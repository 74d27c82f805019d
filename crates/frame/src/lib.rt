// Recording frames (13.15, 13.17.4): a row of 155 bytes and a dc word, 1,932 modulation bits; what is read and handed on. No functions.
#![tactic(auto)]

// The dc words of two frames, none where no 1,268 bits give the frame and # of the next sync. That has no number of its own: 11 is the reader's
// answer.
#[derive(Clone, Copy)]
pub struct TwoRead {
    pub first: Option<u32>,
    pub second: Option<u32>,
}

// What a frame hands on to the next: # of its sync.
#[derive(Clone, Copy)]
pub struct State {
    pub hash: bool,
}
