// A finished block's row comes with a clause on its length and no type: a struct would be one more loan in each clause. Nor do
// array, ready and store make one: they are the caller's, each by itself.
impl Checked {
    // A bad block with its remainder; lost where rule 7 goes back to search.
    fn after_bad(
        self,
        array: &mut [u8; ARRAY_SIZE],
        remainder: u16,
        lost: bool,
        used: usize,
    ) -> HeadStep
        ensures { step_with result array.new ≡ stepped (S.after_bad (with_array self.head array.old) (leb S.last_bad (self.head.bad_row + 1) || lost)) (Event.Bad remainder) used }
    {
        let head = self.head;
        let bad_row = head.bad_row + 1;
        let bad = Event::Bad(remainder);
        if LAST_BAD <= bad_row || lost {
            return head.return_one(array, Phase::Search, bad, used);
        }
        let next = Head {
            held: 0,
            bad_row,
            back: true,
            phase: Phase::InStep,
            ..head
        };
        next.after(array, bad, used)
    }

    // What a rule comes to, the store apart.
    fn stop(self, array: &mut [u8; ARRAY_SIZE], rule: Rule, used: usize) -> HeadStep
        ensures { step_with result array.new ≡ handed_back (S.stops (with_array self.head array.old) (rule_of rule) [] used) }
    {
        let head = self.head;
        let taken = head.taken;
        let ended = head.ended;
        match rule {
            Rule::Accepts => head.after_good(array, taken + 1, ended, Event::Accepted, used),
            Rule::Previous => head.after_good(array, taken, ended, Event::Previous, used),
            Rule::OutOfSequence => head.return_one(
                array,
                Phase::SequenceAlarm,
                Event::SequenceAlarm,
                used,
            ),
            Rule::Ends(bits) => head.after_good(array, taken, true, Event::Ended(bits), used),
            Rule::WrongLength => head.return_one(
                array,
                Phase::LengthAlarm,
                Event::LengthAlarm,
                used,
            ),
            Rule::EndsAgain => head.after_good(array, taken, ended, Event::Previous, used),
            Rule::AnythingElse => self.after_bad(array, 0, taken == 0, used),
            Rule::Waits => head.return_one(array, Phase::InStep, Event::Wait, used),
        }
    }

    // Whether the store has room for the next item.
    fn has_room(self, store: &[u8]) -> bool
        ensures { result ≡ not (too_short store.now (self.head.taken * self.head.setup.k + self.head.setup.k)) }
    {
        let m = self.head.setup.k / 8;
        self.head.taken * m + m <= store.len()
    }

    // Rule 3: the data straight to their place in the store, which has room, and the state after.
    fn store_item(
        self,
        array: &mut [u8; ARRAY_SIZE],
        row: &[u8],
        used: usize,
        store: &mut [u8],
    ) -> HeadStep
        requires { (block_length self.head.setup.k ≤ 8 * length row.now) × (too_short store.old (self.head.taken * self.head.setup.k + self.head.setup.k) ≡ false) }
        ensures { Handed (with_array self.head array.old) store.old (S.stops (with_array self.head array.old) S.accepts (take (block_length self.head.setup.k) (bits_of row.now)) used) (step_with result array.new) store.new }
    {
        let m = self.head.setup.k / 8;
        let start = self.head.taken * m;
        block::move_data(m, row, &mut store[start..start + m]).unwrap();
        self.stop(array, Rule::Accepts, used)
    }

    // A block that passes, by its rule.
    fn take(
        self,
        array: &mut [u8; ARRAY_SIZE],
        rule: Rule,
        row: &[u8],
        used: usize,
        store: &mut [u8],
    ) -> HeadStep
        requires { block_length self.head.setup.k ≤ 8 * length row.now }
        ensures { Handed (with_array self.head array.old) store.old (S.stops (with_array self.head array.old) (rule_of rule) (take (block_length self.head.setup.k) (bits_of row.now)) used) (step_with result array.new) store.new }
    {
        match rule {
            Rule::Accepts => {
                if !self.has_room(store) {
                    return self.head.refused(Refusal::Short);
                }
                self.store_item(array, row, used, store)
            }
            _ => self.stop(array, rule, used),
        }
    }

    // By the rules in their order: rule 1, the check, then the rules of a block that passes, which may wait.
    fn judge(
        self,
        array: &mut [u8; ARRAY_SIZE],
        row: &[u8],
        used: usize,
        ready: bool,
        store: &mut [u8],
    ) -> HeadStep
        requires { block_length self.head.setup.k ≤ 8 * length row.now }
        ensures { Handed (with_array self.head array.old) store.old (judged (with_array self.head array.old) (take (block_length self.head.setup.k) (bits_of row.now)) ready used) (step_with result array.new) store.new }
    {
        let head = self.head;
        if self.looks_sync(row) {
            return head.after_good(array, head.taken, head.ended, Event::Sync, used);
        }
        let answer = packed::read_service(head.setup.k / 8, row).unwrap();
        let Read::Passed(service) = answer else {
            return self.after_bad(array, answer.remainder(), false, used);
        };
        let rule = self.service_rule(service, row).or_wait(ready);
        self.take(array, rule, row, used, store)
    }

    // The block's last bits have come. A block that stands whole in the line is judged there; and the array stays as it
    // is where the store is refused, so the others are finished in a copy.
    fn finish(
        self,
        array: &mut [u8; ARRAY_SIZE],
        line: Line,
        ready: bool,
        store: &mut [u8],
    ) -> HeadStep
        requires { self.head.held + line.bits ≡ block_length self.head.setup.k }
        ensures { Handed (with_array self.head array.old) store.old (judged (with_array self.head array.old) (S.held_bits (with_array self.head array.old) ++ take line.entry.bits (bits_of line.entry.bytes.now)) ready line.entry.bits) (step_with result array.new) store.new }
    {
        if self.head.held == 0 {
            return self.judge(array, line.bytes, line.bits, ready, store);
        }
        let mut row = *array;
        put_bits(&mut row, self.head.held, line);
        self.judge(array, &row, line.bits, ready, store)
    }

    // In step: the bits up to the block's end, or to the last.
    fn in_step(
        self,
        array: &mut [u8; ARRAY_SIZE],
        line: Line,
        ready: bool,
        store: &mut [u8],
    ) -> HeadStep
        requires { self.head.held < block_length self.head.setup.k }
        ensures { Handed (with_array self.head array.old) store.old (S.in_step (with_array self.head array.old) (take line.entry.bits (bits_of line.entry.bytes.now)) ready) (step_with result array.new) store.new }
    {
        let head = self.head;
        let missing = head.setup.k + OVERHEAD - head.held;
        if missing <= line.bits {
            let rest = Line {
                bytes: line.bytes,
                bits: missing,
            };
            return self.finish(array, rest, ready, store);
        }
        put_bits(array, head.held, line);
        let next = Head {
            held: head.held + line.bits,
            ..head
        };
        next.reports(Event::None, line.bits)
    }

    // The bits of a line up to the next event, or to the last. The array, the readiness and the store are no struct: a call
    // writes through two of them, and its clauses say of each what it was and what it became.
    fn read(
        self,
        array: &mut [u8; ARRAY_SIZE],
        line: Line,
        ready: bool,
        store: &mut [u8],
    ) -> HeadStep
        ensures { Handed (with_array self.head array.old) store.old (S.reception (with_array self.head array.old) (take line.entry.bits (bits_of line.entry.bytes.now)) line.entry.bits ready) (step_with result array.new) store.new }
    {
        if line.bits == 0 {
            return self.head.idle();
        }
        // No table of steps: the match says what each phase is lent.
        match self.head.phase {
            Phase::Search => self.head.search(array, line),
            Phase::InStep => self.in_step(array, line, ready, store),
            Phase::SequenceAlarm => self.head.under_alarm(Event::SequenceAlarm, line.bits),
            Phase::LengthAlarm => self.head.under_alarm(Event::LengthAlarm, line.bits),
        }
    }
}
=-=-=
# What the exercise asks
Copy out all the entries shown above, character for character.

# Expected answer
repository 74d27c82f805019d
filename crates/frame/src/lib.rt
// Recording frames (13.15, 13.17.4): a row of 155 bytes and a dc word, 1,932 modulation bits; what is read and handed on. No functions.
#![tactic(auto)]

// The dc words of two frames, none where no 1,268 bits give the frame and # of the next sync. That has no number of its own: 11 is the reader's
// answer.
#[derive(Clone, Copy)]
pub struct TwoRead {
    pub first: Option<u32>,
    pub second: Option<u32>,
}

// What a frame hands on to the next: # of its sync.
#[derive(Clone, Copy)]
pub struct State {
    pub hash: bool,
}
// A finished block's row comes with a clause on its length and no type: a struct would be one more loan in each clause. Nor do
// array, ready and store make one: they are the caller's, each by itself.
impl Checked {
    // A bad block with its remainder; lost where rule 7 goes back to search.
    fn after_bad(
        self,
        array: &mut [u8; ARRAY_SIZE],
        remainder: u16,
        lost: bool,
        used: usize,
    ) -> HeadStep
        ensures { step_with result array.new ≡ stepped (S.after_bad (with_array self.head array.old) (leb S.last_bad (self.head.bad_row + 1) || lost)) (Event.Bad remainder) used }
    {
        let head = self.head;
        let bad_row = head.bad_row + 1;
        let bad = Event::Bad(remainder);
        if LAST_BAD <= bad_row || lost {
            return head.return_one(array, Phase::Search, bad, used);
        }
        let next = Head {
            held: 0,
            bad_row,
            back: true,
            phase: Phase::InStep,
            ..head
        };
        next.after(array, bad, used)
    }

    // What a rule comes to, the store apart.
    fn stop(self, array: &mut [u8; ARRAY_SIZE], rule: Rule, used: usize) -> HeadStep
        ensures { step_with result array.new ≡ handed_back (S.stops (with_array self.head array.old) (rule_of rule) [] used) }
    {
        let head = self.head;
        let taken = head.taken;
        let ended = head.ended;
        match rule {
            Rule::Accepts => head.after_good(array, taken + 1, ended, Event::Accepted, used),
            Rule::Previous => head.after_good(array, taken, ended, Event::Previous, used),
            Rule::OutOfSequence => head.return_one(
                array,
                Phase::SequenceAlarm,
                Event::SequenceAlarm,
                used,
            ),
            Rule::Ends(bits) => head.after_good(array, taken, true, Event::Ended(bits), used),
            Rule::WrongLength => head.return_one(
                array,
                Phase::LengthAlarm,
                Event::LengthAlarm,
                used,
            ),
            Rule::EndsAgain => head.after_good(array, taken, ended, Event::Previous, used),
            Rule::AnythingElse => self.after_bad(array, 0, taken == 0, used),
            Rule::Waits => head.return_one(array, Phase::InStep, Event::Wait, used),
        }
    }

    // Whether the store has room for the next item.
    fn has_room(self, store: &[u8]) -> bool
        ensures { result ≡ not (too_short store.now (self.head.taken * self.head.setup.k + self.head.setup.k)) }
    {
        let m = self.head.setup.k / 8;
        self.head.taken * m + m <= store.len()
    }

    // Rule 3: the data straight to their place in the store, which has room, and the state after.
    fn store_item(
        self,
        array: &mut [u8; ARRAY_SIZE],
        row: &[u8],
        used: usize,
        store: &mut [u8],
    ) -> HeadStep
        requires { (block_length self.head.setup.k ≤ 8 * length row.now) × (too_short store.old (self.head.taken * self.head.setup.k + self.head.setup.k) ≡ false) }
        ensures { Handed (with_array self.head array.old) store.old (S.stops (with_array self.head array.old) S.accepts (take (block_length self.head.setup.k) (bits_of row.now)) used) (step_with result array.new) store.new }
    {
        let m = self.head.setup.k / 8;
        let start = self.head.taken * m;
        block::move_data(m, row, &mut store[start..start + m]).unwrap();
        self.stop(array, Rule::Accepts, used)
    }

    // A block that passes, by its rule.
    fn take(
        self,
        array: &mut [u8; ARRAY_SIZE],
        rule: Rule,
        row: &[u8],
        used: usize,
        store: &mut [u8],
    ) -> HeadStep
        requires { block_length self.head.setup.k ≤ 8 * length row.now }
        ensures { Handed (with_array self.head array.old) store.old (S.stops (with_array self.head array.old) (rule_of rule) (take (block_length self.head.setup.k) (bits_of row.now)) used) (step_with result array.new) store.new }
    {
        match rule {
            Rule::Accepts => {
                if !self.has_room(store) {
                    return self.head.refused(Refusal::Short);
                }
                self.store_item(array, row, used, store)
            }
            _ => self.stop(array, rule, used),
        }
    }

    // By the rules in their order: rule 1, the check, then the rules of a block that passes, which may wait.
    fn judge(
        self,
        array: &mut [u8; ARRAY_SIZE],
        row: &[u8],
        used: usize,
        ready: bool,
        store: &mut [u8],
    ) -> HeadStep
        requires { block_length self.head.setup.k ≤ 8 * length row.now }
        ensures { Handed (with_array self.head array.old) store.old (judged (with_array self.head array.old) (take (block_length self.head.setup.k) (bits_of row.now)) ready used) (step_with result array.new) store.new }
    {
        let head = self.head;
        if self.looks_sync(row) {
            return head.after_good(array, head.taken, head.ended, Event::Sync, used);
        }
        let answer = packed::read_service(head.setup.k / 8, row).unwrap();
        let Read::Passed(service) = answer else {
            return self.after_bad(array, answer.remainder(), false, used);
        };
        let rule = self.service_rule(service, row).or_wait(ready);
        self.take(array, rule, row, used, store)
    }

    // The block's last bits have come. A block that stands whole in the line is judged there; and the array stays as it
    // is where the store is refused, so the others are finished in a copy.
    fn finish(
        self,
        array: &mut [u8; ARRAY_SIZE],
        line: Line,
        ready: bool,
        store: &mut [u8],
    ) -> HeadStep
        requires { self.head.held + line.bits ≡ block_length self.head.setup.k }
        ensures { Handed (with_array self.head array.old) store.old (judged (with_array self.head array.old) (S.held_bits (with_array self.head array.old) ++ take line.entry.bits (bits_of line.entry.bytes.now)) ready line.entry.bits) (step_with result array.new) store.new }
    {
        if self.head.held == 0 {
            return self.judge(array, line.bytes, line.bits, ready, store);
        }
        let mut row = *array;
        put_bits(&mut row, self.head.held, line);
        self.judge(array, &row, line.bits, ready, store)
    }

    // In step: the bits up to the block's end, or to the last.
    fn in_step(
        self,
        array: &mut [u8; ARRAY_SIZE],
        line: Line,
        ready: bool,
        store: &mut [u8],
    ) -> HeadStep
        requires { self.head.held < block_length self.head.setup.k }
        ensures { Handed (with_array self.head array.old) store.old (S.in_step (with_array self.head array.old) (take line.entry.bits (bits_of line.entry.bytes.now)) ready) (step_with result array.new) store.new }
    {
        let head = self.head;
        let missing = head.setup.k + OVERHEAD - head.held;
        if missing <= line.bits {
            let rest = Line {
                bytes: line.bytes,
                bits: missing,
            };
            return self.finish(array, rest, ready, store);
        }
        put_bits(array, head.held, line);
        let next = Head {
            held: head.held + line.bits,
            ..head
        };
        next.reports(Event::None, line.bits)
    }

    // The bits of a line up to the next event, or to the last. The array, the readiness and the store are no struct: a call
    // writes through two of them, and its clauses say of each what it was and what it became.
    fn read(
        self,
        array: &mut [u8; ARRAY_SIZE],
        line: Line,
        ready: bool,
        store: &mut [u8],
    ) -> HeadStep
        ensures { Handed (with_array self.head array.old) store.old (S.reception (with_array self.head array.old) (take line.entry.bits (bits_of line.entry.bytes.now)) line.entry.bits ready) (step_with result array.new) store.new }
    {
        if line.bits == 0 {
            return self.head.idle();
        }
        // No table of steps: the match says what each phase is lent.
        match self.head.phase {
            Phase::Search => self.head.search(array, line),
            Phase::InStep => self.in_step(array, line, ready, store),
            Phase::SequenceAlarm => self.head.under_alarm(Event::SequenceAlarm, line.bits),
            Phase::LengthAlarm => self.head.under_alarm(Event::LengthAlarm, line.bits),
        }
    }
}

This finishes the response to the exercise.